** WHAT YOU NEED TO DO **
Quote exactly the lines from the start of the entries to the one with "ghost use Rattle.typing_rules.specs.MeaningView", both ends included.

** THE INPUT **
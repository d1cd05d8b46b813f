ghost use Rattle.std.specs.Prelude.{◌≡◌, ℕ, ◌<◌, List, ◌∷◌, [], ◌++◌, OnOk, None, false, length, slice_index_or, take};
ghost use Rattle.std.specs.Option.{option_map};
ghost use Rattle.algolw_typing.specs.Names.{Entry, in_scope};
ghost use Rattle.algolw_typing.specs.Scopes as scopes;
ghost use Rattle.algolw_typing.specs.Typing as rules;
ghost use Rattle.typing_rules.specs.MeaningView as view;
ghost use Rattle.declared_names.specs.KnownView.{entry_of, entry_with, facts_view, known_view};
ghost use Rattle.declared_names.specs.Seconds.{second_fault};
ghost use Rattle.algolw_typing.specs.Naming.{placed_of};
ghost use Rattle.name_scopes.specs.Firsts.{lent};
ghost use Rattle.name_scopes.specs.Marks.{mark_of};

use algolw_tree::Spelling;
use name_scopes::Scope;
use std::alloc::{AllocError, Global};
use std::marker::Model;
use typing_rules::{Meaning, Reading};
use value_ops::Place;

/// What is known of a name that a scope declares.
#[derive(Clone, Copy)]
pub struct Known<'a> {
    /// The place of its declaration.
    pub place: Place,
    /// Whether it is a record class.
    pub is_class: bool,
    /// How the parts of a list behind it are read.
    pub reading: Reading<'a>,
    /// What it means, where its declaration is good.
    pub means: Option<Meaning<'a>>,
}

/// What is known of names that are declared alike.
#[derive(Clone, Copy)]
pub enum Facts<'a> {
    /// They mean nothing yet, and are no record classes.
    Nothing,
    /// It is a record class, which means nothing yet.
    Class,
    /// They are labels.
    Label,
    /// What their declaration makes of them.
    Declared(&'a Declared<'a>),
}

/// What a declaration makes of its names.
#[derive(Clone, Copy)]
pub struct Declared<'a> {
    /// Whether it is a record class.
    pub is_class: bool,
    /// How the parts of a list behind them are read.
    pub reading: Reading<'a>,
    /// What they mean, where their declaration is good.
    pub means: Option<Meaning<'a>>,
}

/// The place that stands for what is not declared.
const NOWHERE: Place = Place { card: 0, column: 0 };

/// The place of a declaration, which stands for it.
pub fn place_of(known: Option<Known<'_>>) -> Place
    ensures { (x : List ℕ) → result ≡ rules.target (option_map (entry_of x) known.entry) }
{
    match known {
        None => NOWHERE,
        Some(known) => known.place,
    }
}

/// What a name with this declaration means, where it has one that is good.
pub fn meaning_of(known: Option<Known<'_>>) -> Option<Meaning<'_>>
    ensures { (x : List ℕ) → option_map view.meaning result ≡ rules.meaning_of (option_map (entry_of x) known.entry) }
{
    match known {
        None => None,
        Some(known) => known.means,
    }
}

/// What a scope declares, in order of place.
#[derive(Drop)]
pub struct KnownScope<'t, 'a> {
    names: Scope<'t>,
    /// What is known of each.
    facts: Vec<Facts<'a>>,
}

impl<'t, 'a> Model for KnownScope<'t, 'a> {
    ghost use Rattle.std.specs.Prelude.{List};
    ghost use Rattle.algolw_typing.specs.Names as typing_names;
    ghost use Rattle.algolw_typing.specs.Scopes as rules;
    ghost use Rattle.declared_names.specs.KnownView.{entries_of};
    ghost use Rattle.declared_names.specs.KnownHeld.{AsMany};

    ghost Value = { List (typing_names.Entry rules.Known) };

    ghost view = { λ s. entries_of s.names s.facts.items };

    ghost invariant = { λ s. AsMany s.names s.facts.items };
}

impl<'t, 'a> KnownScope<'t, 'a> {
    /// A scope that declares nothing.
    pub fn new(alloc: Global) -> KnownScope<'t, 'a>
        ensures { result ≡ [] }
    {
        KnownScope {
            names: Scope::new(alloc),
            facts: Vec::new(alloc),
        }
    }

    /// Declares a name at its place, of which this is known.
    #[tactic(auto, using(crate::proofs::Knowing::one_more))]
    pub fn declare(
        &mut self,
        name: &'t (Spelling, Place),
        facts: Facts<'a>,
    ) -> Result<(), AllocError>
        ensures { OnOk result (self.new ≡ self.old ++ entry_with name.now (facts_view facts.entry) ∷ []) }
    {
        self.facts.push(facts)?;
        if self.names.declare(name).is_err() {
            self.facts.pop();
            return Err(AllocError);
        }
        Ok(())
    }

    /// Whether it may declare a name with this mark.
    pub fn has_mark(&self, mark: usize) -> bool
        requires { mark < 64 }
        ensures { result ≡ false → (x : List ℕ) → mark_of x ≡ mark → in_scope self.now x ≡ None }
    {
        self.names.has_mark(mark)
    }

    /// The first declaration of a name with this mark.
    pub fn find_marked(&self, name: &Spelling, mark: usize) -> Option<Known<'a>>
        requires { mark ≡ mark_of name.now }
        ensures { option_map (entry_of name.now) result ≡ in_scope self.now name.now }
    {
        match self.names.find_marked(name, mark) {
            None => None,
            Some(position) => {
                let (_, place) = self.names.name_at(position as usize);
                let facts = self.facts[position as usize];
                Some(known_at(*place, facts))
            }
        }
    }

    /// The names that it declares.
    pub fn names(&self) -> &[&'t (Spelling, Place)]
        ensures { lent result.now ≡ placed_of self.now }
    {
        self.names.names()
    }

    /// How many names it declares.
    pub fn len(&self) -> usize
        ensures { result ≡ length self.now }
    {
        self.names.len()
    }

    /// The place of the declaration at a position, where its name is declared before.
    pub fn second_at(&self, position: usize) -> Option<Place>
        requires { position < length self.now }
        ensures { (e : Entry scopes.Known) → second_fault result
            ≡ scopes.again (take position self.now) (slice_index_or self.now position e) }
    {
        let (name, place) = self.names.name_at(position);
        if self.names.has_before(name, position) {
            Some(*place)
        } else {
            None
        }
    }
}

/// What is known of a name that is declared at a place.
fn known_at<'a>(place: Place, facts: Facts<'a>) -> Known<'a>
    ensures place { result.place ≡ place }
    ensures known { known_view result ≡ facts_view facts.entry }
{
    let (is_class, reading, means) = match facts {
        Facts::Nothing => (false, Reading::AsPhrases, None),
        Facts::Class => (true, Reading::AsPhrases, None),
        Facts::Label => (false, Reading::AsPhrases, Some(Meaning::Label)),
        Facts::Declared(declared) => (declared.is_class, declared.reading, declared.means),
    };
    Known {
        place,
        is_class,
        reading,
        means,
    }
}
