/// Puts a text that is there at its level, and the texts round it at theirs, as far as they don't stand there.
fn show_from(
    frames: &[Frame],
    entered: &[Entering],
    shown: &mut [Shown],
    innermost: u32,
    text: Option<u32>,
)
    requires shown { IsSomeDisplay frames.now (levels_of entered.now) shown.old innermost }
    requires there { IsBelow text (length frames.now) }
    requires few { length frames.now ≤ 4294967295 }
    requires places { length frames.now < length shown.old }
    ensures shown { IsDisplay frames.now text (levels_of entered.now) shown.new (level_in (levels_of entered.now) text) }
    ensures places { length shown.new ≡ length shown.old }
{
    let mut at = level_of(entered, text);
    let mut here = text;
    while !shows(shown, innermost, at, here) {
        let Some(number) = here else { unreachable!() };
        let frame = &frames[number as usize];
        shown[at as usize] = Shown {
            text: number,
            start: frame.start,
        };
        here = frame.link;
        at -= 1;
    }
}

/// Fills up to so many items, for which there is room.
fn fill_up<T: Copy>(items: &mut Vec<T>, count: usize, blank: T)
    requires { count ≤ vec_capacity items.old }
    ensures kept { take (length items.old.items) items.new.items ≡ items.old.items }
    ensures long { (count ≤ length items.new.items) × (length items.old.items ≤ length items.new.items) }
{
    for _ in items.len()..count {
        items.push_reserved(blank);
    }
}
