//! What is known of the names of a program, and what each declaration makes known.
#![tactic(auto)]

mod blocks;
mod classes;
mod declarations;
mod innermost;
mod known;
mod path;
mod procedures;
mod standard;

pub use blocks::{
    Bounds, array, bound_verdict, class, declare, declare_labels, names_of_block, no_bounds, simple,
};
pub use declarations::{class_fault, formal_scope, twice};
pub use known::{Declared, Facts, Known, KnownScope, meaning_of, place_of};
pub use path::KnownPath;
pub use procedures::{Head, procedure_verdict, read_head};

** RESPONSE TO THE EXERCISE **
repository d1cd05d8b46b813f
ghost use Rattle.std.specs.Prelude.{◌≡◌, ℕ, ◌<◌, List, ◌∷◌, [], ◌++◌, OnOk, None, false, length, slice_index_or, take};
ghost use Rattle.std.specs.Option.{option_map};
ghost use Rattle.algolw_typing.specs.Names.{Entry, in_scope};
ghost use Rattle.algolw_typing.specs.Scopes as scopes;
ghost use Rattle.algolw_typing.specs.Typing as rules;
ghost use Rattle.typing_rules.specs.MeaningView as view;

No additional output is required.